The CO2 is reducing your waters pH regardless of where you diffuse it. That water is then pushing through the filter. Obviously filters can handle low pH as people often push theirs' down quite low with CO2. I run four tanks on pressurized CO2 and three of them have the gas line running directly into filter. Obviously it will be dependent on filter type, quality, and flow rate, but fr the most part you are not going to get any better dissolving rates between using a reactor and just using the filter. One of the tanks I run CO2 into the filter is on a 55. 

Using a reactor or anything else does not get you "even distribution throughout the whole tank" as some have state. It is not the reactor that gets you the good flow, but the filter that prvides the water movement. Thus you will have the same distribution just inserting the line into the filter....probably better as you don't have anything inhibiting flow like a reactor or inline diffuser.


----------



## hbosman (Oct 5, 2006)

For those not wanting to build a Reactor. I've used a Mix Max Reactor for several weeks after having used inline diffusers, PVC Reactors and Cerge Reactors. The advantages of the Mix Max Reactor are cost, nothing to build and no mist in tank. Disadvantages, It might reduce filter flow (not that I notice anyway) and having to invert it after filter cleaning to remove air pocket.

http://www.amazon.com/Gulfstream-Tr...JEGC/ref=sr_1_1?ie=UTF8&qid=1332957971&sr=8-1

http://www.youtube.com/watch?v=dxRvdHAglyk


There is another disadvantage, some people have reported dripping from hose connections. I did notice this but fixed it by rubbing vasoline between hose connections and adapters. I also used metal hose clamps.


----------



## galabar (Oct 19, 2011)

Higher Thinking said:


> Yea I have heard the same statement, the only thing is that no one actually verifies what they are talking about. Nor do they think about it logically. People say that running CO2 directly into the inlet can cause acid erosion of the impeller.....um, yea right.
> 
> The CO2 is reducing your waters pH regardless of where you diffuse it. That water is then pushing through the filter. Obviously filters can handle low pH as people often push theirs' down quite low with CO2. I run four tanks on pressurized CO2 and three of them have the gas line running directly into filter. Obviously it will be dependent on filter type, quality, and flow rate, but fr the most part you are not going to get any better dissolving rates between using a reactor and just using the filter. One of the tanks I run CO2 into the filter is on a 55.
> 
> Using a reactor or anything else does not get you "even distribution throughout the whole tank" as some have state. It is not the reactor that gets you the good flow, but the filter that prvides the water movement. Thus you will have the same distribution just inserting the line into the filter....probably better as you don't have anything inhibiting flow like a reactor or inline diffuser.

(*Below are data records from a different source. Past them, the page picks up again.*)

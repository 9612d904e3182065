//! Whether what the controller released is worth anything.

ghost use Rattle.std.specs.Prelude.{◌≡◌};
ghost use Rattle.field_cycle.specs.Stations.{never, is_recent, heard_at, is_fresh, is_other};

use crate::link::Moment;

/// What the controller answered last, as far as its freshness goes.
#[derive(Clone, Copy)]
pub struct Freshness {
    /// When its outputs were taken last.
    pub answered: Option<Moment>,
    /// The count of scans that it showed last.
    pub count: Option<i16>,
    /// When a count came that was another than the one before.
    pub counted: Option<Moment>,
}

/// Whether a moment is no longer ago than so long.
fn is_recent(moment: Option<Moment>, now: Moment, fresh: u64) -> bool
    ensures { result ≡ is_recent moment now fresh }
{
    match moment {
        Some(moment) => now <= moment.saturating_add(fresh),
        None => false,
    }
}

impl Freshness {
    /// It never answered.
    pub fn new() -> Freshness
        ensures { result ≡ never }
    {
        Freshness {
            answered: None,
            count: None,
            counted: None,
        }
    }

    /// It showed its outputs now, and a count of scans, if a word counts them; they were taken, or not.
    pub fn hear(&mut self, now: Moment, count: Option<i16>, is_taken: bool)
        ensures { self.new ≡ heard_at self.old now count is_taken }
    {
        if is_other(self.count, count) {
            self.counted = Some(now);
        }
        if is_taken {
            self.answered = Some(now);
        }
        self.count = count;
    }

    /// Whether its outputs were taken no longer ago than so long, and, where scans are counted, a count came since then
    /// that was another than the one before.
    pub fn is_fresh(&self, now: Moment, fresh: u64, counts: bool) -> bool
        ensures { result ≡ is_fresh self.now now fresh counts }
    {
        is_recent(self.answered, now, fresh) && (!counts || is_recent(self.counted, now, fresh))
    }
}

/// Whether both are there, and differ.
pub(crate) fn is_other(before: Option<i16>, count: Option<i16>) -> bool
    ensures { result ≡ is_other before count }
{
    match (before, count) {
        (Some(before), Some(count)) => before != count,
        _ => false,
    }
}
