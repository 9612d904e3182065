//! The operands of words: what their numbers stand for.

ghost use Rattle.std.specs.Prelude.{◌≡◌, Ok, Some, None, slice_get, if◌then◌else◌};
ghost use Rattle.std.specs.Option.{option_map, option_and_then};
ghost use Rattle.il_model.specs.declared.program.Operand.TheVariants as operands;
ghost use Rattle.il_model.specs.Locations.{is_nameable};
ghost use Rattle.il_model.specs.Image.{may_name};
ghost use Rattle.il_model.specs.Codes.{if_passes, word_operand_in, argument_operand_in};
ghost use Rattle.il_model.specs.Codes.{label_there, target_name, variable_named, instance_named, field_named};
ghost use Rattle.il_model.specs.Codes.{named_operand, value_operand, numbered_operand, word_operand, argument_operand};
ghost use Rattle.il_records.specs.Fields.{Gives};

use crate::declared::{Declared, SymbolTables};
use crate::label::Labels;
use il_model::{
    CodedOperand, Instance, Loc, Modifier, Name, Op, Operand, Value, Variable, Version, is_formed,
    is_passed,
};
use il_records::LoadError;
use std::alloc::Global;

/// The name of the first label at an address.
pub fn label_there(alloc: Global, labels: &Labels, n: usize) -> Result<Option<Name>, LoadError>
    ensures { Gives (λ o. o) result (Ok (label_there labels.now n)) }
{
    match labels.name_at(n) {
        Some(name) => Ok(Some(Name::of(Vec::from_slice(alloc, name)?))),
        None => Ok(None),
    }
}

fn target_name(alloc: Global, labels: &Labels, n: u16) -> Result<Name, LoadError>
    ensures { Gives (λ name. name) result (Ok (target_name (label_there labels.now n))) }
{
    match label_there(alloc, labels, n as usize)? {
        Some(name) => Ok(name),
        None => Ok(Name::of(Vec::new(alloc))),
    }
}

fn variable_named(alloc: Global, v: Option<&Variable>) -> Result<Option<Operand>, LoadError>
    ensures { Gives (λ o. o) result (Ok (variable_named (option_map (λ v. v.now) v.entry))) }
{
    match v {
        Some(v) => Ok(Some(Operand::Variable(v.name.copy(alloc)?))),
        None => Ok(None),
    }
}

fn instance_named(alloc: Global, x: Option<&Instance>) -> Result<Option<Operand>, LoadError>
    ensures { Gives (λ o. o) result (Ok (instance_named (option_map (λ x. x.now) x.entry))) }
{
    match x {
        Some(x) => Ok(Some(Operand::Instance(x.name.copy(alloc)?))),
        None => Ok(None),
    }
}

/// The field of an instance by its number.
fn field_named(alloc: Global, x: Option<&Instance>, n: u8) -> Result<Option<Operand>, LoadError>
    ensures { Gives (λ o. o) result (Ok (field_named (option_map (λ x. x.now) x.entry) n)) }
{
    match x {
        Some(x) => match x.kind.field(n) {
            Some(field) => {
                let name = Name::of(Vec::from_slice(alloc, field.name())?);
                Ok(Some(Operand::Field(x.name.copy(alloc)?, name)))
            }
            None => Ok(None),
        },
        None => Ok(None),
    }
}

fn literal_at(constants: &[Value], k: usize) -> Option<Operand>
    ensures { result ≡ option_map operands.Literal (slice_get constants.now k) }
{
    match constants.get(k) {
        Some(v) => Some(Operand::Literal(*v)),
        None => None,
    }
}

/// A location as an operand, where an instruction can name it.
fn direct(loc: Loc) -> Option<Operand>
    ensures { result ≡ (if is_nameable loc then Some (operands.Direct loc) else None) }
{
    if loc.is_nameable() {
        Some(Operand::Direct(loc))
    } else {
        None
    }
}

/// The operand that stands under these numbers, if there is one.
fn named_operand(
    alloc: Global,
    ds: &Declared,
    constants: &[Value],
    operand: CodedOperand,
) -> Result<Option<Operand>, LoadError>
    ensures { Gives (λ o. o) result (Ok (named_operand ds.now constants.now operand)) }
{
    match operand {
        CodedOperand::Location(loc) => Ok(direct(loc)),
        CodedOperand::Variable(i) => {
            variable_named(alloc, ds.variables().as_slice().get(i as usize))
        }
        CodedOperand::Field { instance, field } => {
            field_named(
                alloc,
                ds.instances().as_slice().get(instance as usize),
                field,
            )
        }
        CodedOperand::Constant(k) => Ok(literal_at(constants, k as usize)),
        CodedOperand::Unused => Ok(Some(Operand::Absent)),
    }
}

/// An operand that is neither a label nor an instance that is called.
fn value_operand(
    alloc: Global,
    ds: &Declared,
    constants: &[Value],
    n: u16,
) -> Result<Option<Operand>, LoadError>
    ensures { Gives (λ o. o) result (Ok (value_operand ds.now constants.now n)) }
{
    match CodedOperand::of_code(n) {
        Some(operand) => named_operand(alloc, ds, constants, operand),
        None => Ok(None),
    }
}

fn numbered_operand(
    alloc: Global,
    tables: &SymbolTables,
    op: Op,
    n: u16,
) -> Result<Option<Operand>, LoadError>
    ensures { Gives (λ o. o) result
        (Ok (numbered_operand tables.now.declared.now tables.now.labels.now tables.now.constants.now op n)) }
{
    if op == Op::Jmp {
        Ok(Some(Operand::Label(target_name(alloc, tables.labels, n)?)))
    } else if op == Op::Cal {
        let instances = tables.declared.instances().as_slice();
        instance_named(alloc, instances.get(n as usize))
    } else {
        value_operand(alloc, tables.declared, tables.constants, n)
    }
}

/// The operand of an instruction, where its operator takes one of this form.
fn word_operand(
    alloc: Global,
    tables: &SymbolTables,
    op: Op,
    m: Modifier,
    n: u16,
) -> Result<Option<Operand>, LoadError>
    ensures { Gives (λ o. o) result
        (Ok (word_operand tables.now.declared.now tables.now.labels.now tables.now.constants.now op m n)) }
{
    match numbered_operand(alloc, tables, op, n)? {
        Some(operand) => {
            if is_formed(op, m, &operand) {
                Ok(Some(operand))
            } else {
                Ok(None)
            }
        }
        None => Ok(None),
    }
}

/// An operand, where an image of this version may have it.
fn known_operand(version: Version, operand: Option<Operand>) -> Option<Operand>
    ensures { result ≡ option_and_then (if_passes (may_name version)) operand }
{
    let operand = operand?;
    if version.may_name(&operand) {
        Some(operand)
    } else {
        None
    }
}

/// The operand of an instruction, where its operator takes one of this form and an image of the version has it.
pub fn word_operand_in(
    alloc: Global,
    tables: &SymbolTables,
    op: Op,
    m: Modifier,
    n: u16,
) -> Result<Option<Operand>, LoadError>
    ensures { Gives (λ o. o) result
        (Ok (word_operand_in tables.now.version
        tables.now.declared.now tables.now.labels.now tables.now.constants.now op m n)) }
{
    let operand = word_operand(alloc, tables, op, m, n)?;
    Ok(known_operand(tables.version, operand))
}

/// The operand of an argument: a value or a place.
fn argument_operand(
    alloc: Global,
    ds: &Declared,
    constants: &[Value],
    n: u16,
) -> Result<Option<Operand>, LoadError>
    ensures { Gives (λ o. o) result (Ok (argument_operand ds.now constants.now n)) }
{
    match value_operand(alloc, ds, constants, n)? {
        Some(operand) => {
            if is_passed(&operand) {
                Ok(Some(operand))
            } else {
                Ok(None)
            }
        }
        None => Ok(None),
    }
}

/// The operand of an argument, where an image of the version has it.
pub fn argument_operand_in(
    alloc: Global,
    tables: &SymbolTables,
    n: u16,
) -> Result<Option<Operand>, LoadError>
    ensures { Gives (λ o. o) result
        (Ok (argument_operand_in tables.now.version tables.now.declared.now tables.now.constants.now n)) }
{
    let operand = argument_operand(alloc, tables.declared, tables.constants, n)?;
    Ok(known_operand(tables.version, operand))
}
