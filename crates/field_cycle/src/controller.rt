//! The controller: its outputs are taken, and inputs are handed over to it.

ghost use Rattle.std.specs.Prelude.{◌≡◌, ◌||◌, false};
ghost use Rattle.std.specs.Option.{option_copied};
ghost use Rattle.field_cycle.specs.Stations.{known_outputs, count_of};

use crate::freshness::{Freshness, is_other};
use crate::link::{Link, LinkFault, Moment, TURN};
use crate::notices::Notices;
use crate::passage::{Pace, Showing};
use crate::station::Standing;
use field_map::{Form, Kind, Layout, Places, Reading};
use il_model::{BITS, Cells, WORDS};
use modbus_wire::{Adu, Reply, Request, Table};
use std::net::SocketAddr;

/// What is asked of the controller next, or waits for its reply.
#[derive(Clone, Copy)]
pub enum Task {
    Rest,
    /// The words of its outputs. The count of scans is one of them: so the bits, which come next, are of that scan or
    /// a later one.
    Words,
    /// Their bits.
    Bits,
    /// Inputs are handed over.
    Hand,
}

/// What is known of a controller's times, in milliseconds, and of its scans.
#[derive(Clone, Copy)]
pub struct Rhythm {
    /// A reply, or a connection, is late after so long.
    pub timeout: u64,
    /// Its outputs count as known for so long.
    pub fresh: u64,
    /// A scan takes so long, where no word counts them.
    pub scan: u64,
    /// The word of `%Q` that counts scans, if one does.
    pub scan_count: Option<Places>,
}

/// A controller at one of several addresses.
#[derive(Drop)]
pub struct Controller {
    pub addresses: Vec<SocketAddr>,
    /// The place of the address that is tried, or connected.
    pub place: usize,
    pub link: Link,
    pub task: Task,
    /// Whether its outputs are to be taken.
    pub is_due: bool,
    /// What it showed of its outputs so far.
    pub shown: Cells,
    /// Its outputs, as they were taken last.
    pub outputs: Cells,
    pub freshness: Freshness,
    /// Its outputs count as known for so long.
    pub fresh: u64,
    /// A scan takes so long, where no word counts them.
    pub scan: u64,
    /// The word of `%Q` that counts scans, if one does.
    pub scan_count: Option<Places>,
    /// Whether a scan that had each device's inputs was released since there is a connection.
    pub is_released: bool,
    pub standing: Standing,
    /// What is to be told.
    pub notices: Notices,
}

/// All outputs of a kind.
fn all_outputs(kind: Kind) -> Reading {
    let count = match kind {
        Kind::Bits => BITS,
        Kind::Words => WORDS,
    };
    Reading {
        table: Table::ReadOnly,
        address: 0,
        places: Places {
            kind,
            from: 0,
            count,
        },
        layout: Layout::Single,
        form: Form::Int,
    }
}

/// The value of a word, if there is one.
fn count_of(cells: &Cells, word: Option<Places>) -> Option<i16>
    ensures { result ≡ count_of cells.now word }
{
    cells.words.get(word?.from).copied()
}

impl Controller {
    ghost use Rattle.field_cycle.specs.Stations.{heard_at, showing_of, taken_outputs, IsTurnedAway};
    ghost use Rattle.field_cycle.specs.Stations.{HasSameOutputs};

    /// A controller at one of these addresses, of which nothing is known. The unit is 255, the server itself.
    pub fn new(addresses: Vec<SocketAddr>, rhythm: Rhythm) -> Controller
        ensures { result.is_released ≡ false }
    {
        Controller {
            addresses,
            place: 0,
            link: Link::new(255, rhythm.timeout, 0),
            task: Task::Rest,
            is_due: false,
            shown: Cells::clear(),
            outputs: Cells::clear(),
            freshness: Freshness::new(),
            fresh: rhythm.fresh,
            scan: rhythm.scan,
            scan_count: rhythm.scan_count,
            is_released: false,
            standing: Standing::Unknown,
            notices: Notices::none(),
        }
    }

    /// Its outputs, while it's fresh, whether there is a connection or none.
    pub fn outputs(&self, now: Moment) -> Option<&Cells>
        ensures { option_copied result ≡ known_outputs self.now now }
    {
        let counts = self.scan_count.is_some();
        if self.freshness.is_fresh(now, self.fresh, counts) {
            Some(&self.outputs)
        } else {
            None
        }
    }

    /// Whether it answered, or is known to be lost.
    pub fn is_known(&self) -> bool {
        !matches!(self.standing, Standing::Unknown)
    }

    /// Whether it's known to be lost.
    pub fn is_lost(&self) -> bool {
        matches!(self.standing, Standing::Lost)
    }

    /// The address that is tried, or connected.
    pub fn address(&self) -> Option<SocketAddr> {
        self.addresses.get(self.place).copied()
    }

    /// Whether inputs may be handed over now.
    pub fn takes_hands(&self) -> bool {
        self.link.is_idle() && !self.is_due && matches!(self.task, Task::Rest)
    }

    /// There is a connection. What it shows counts once a scan that had the inputs was released.
    pub fn open(&mut self)
        ensures outputs { HasSameOutputs self.old self.new }
        ensures released { self.new.is_released ≡ false }
    {
        self.link.open();
        self.is_released = false;
    }

    /// What is to be sent to take its outputs, if that is due.
    pub fn send(&mut self, now: Moment) -> Option<Adu>
        ensures { HasSameOutputs self.old self.new }
    {
        if !self.link.is_idle() {
            return None;
        }
        if self.is_due && matches!(self.task, Task::Rest) {
            self.task = Task::Words;
            self.is_due = false;
        }
        match self.task {
            Task::Words => self.link.ask(all_outputs(Kind::Words).request(), now),
            Task::Bits => self.link.ask(all_outputs(Kind::Bits).request(), now),
            Task::Rest | Task::Hand => None,
        }
    }

    /// What is to be sent to hand these inputs over.
    pub fn hand(&mut self, request: Request, now: Moment) -> Option<Adu>
        ensures { HasSameOutputs self.old self.new }
    {
        let adu = self.link.ask(request, now)?;
        self.task = Task::Hand;
        Some(adu)
    }

    /// Takes a unit that came. Whether it showed all of its outputs with it, or the fault where the connection is to be
    /// given up.
    pub fn hear(&mut self, adu: &Adu) -> Result<bool, LinkFault>
        ensures outputs { HasSameOutputs self.old self.new }
        ensures released { self.new.is_released ≡ self.old.is_released }
    {
        let Some(reply) = self.link.hear(adu)? else {
            return Ok(false);
        };
        match self.task {
            Task::Words if all_outputs(Kind::Words).take(&reply, &mut self.shown) => {
                self.task = Task::Bits;
                Ok(false)
            }
            Task::Bits if all_outputs(Kind::Bits).take(&reply, &mut self.shown) => {
                self.task = Task::Rest;
                Ok(true)
            }
            Task::Hand if matches!(reply, Reply::Done) => {
                self.task = Task::Rest;
                Ok(false)
            }
            _ => Err(LinkFault::Length),
        }
    }

    /// What it says of its scans that it showed all of its outputs now.
    pub fn showing(&self, now: Moment) -> Showing
        ensures { result ≡ showing_of self.now now }
    {
        let count = count_of(&self.shown, self.scan_count);
        let pace = match self.scan_count {
            Some(_) => Pace::Counted(is_other(self.freshness.count, count)),
            None => Pace::Timed(self.scan),
        };
        Showing { now, pace }
    }

    /// It showed all of its outputs now. They are taken once a scan that had the inputs of each device was released
    /// since there is a connection, which is known from now on, or isn't.
    pub fn take(&mut self, now: Moment, is_passed: bool)
        ensures outputs { self.new.outputs ≡ taken_outputs self.old is_passed }
        ensures fresh { self.new.freshness ≡ heard_at self.old.freshness now
            (count_of self.old.shown self.old.scan_count) (self.old.is_released || is_passed) }
        ensures released { self.new.is_released ≡ self.old.is_released || is_passed }
    {
        let is_released = self.is_released || is_passed;
        let count = count_of(&self.shown, self.scan_count);
        if is_released {
            self.outputs = self.shown;
        }
        self.freshness.hear(now, count, is_released);
        self.is_released = is_released;
        if let Some(change) = self.standing.found() {
            self.notices.put(change);
        }
        self.standing = Standing::Answers;
    }

    /// Gives the connection up, and tries the next address at once, or the first again after a pause. What is known of
    /// its outputs stays.
    pub fn lose(&mut self, fault: LinkFault, now: Moment)
        ensures { IsTurnedAway self.old self.new now }
    {
        let next = self.place.saturating_add(1);
        if next < self.addresses.len() {
            self.place = next;
            self.link.turn_away(now);
        } else {
            self.place = 0;
            self.link.turn_away(now.saturating_add(TURN));
        }
        self.task = Task::Rest;
        if let Some(change) = self.standing.lost(fault) {
            self.notices.put(change);
            self.standing = Standing::Lost;
        }
    }
}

I completely agree. I use a Rena Filstar XP2 and simply bubble the CO2 into the filter inlet tubing (I drilled a hole below the surface in the intake tube).

This works just fine. Indeed, the Rena canister has an internal flow exactly like a reactor. The water flows from the top of the canister, down to the bottom, up through the filter baskets, and final, reaching the impeller, is sent back to the tank through a spray bar that evenly distributes the water throughout the tank (which means that CO2 is not reaching the impeller, but is completely dissolved before hand).

I could put a reactor before or after the Rena canister filter, but it would be of no additional value (in fact it might actually release some bubbles into the tank where the canister would not). It would be a useless component, the only purpose of which would be to take up space.

I think the bottom line is -- feed the CO2 into the intake of your canister filter. If this doesn't work (your canister filter does not have a flow similar to a reactor), then use a reactor. Don't just add hardware to the system for the sake of adding hardware. 

Simplify, simplify, simplify.


----------



## hbosman (Oct 5, 2006)

I have a Rena XP2 as well. Feeding CO2 into the intake did work for me but, every now and then, the CO2 would build up and expel out of the output in a cloud of bubbles. I stopped doing that because it just seemed a little wasteful. I am currently trying the $15.00 Mix Max Reactor on the output. It is extra equipment but no mist to look at and I can reduce the Regulator working pressure which makes CO2 leaks less likely. 40 PSI caused leaking for me with the Cheapo bubble counters I use.


----------



## galabar (Oct 19, 2011)

hbosman said:


> I have a Rena XP2 as well. Feeding CO2 into the intake did work for me but, every now and then, the CO2 would build up and expel out of the output in a cloud of bubbles. I stopped doing that because it just seemed a little wasteful. I am currently trying the $15.00 Mix Max Reactor on the output. It is extra equipment but no mist to look at and I can reduce the Regulator working pressure which makes CO2 leaks less likely. 40 PSI caused leaking for me with the Cheapo bubble counters I use.


Why did you need 40 psi?


----------



## hbosman (Oct 5, 2006)

galabar said:


> Why did you need 40 psi?


Oh, that was when I was using an inline diffuser. I probably used 10 or 15 PSI when I bubbled into the input of the filter.


----------



## galabar (Oct 19, 2011)

hbosman said:


> Oh, that was when I was using an inline diffuser. I probably used 10 or 15 PSI when I bubbled into the input of the filter.


Ah, Ok. That makes sense. Bubbling into the input of the canister should require the same pressure as a reactor (near "0" -- really, just slightly above atmospheric, whick would show as 0 on a pressure gauge if it were attached in line to the CO2 tubing).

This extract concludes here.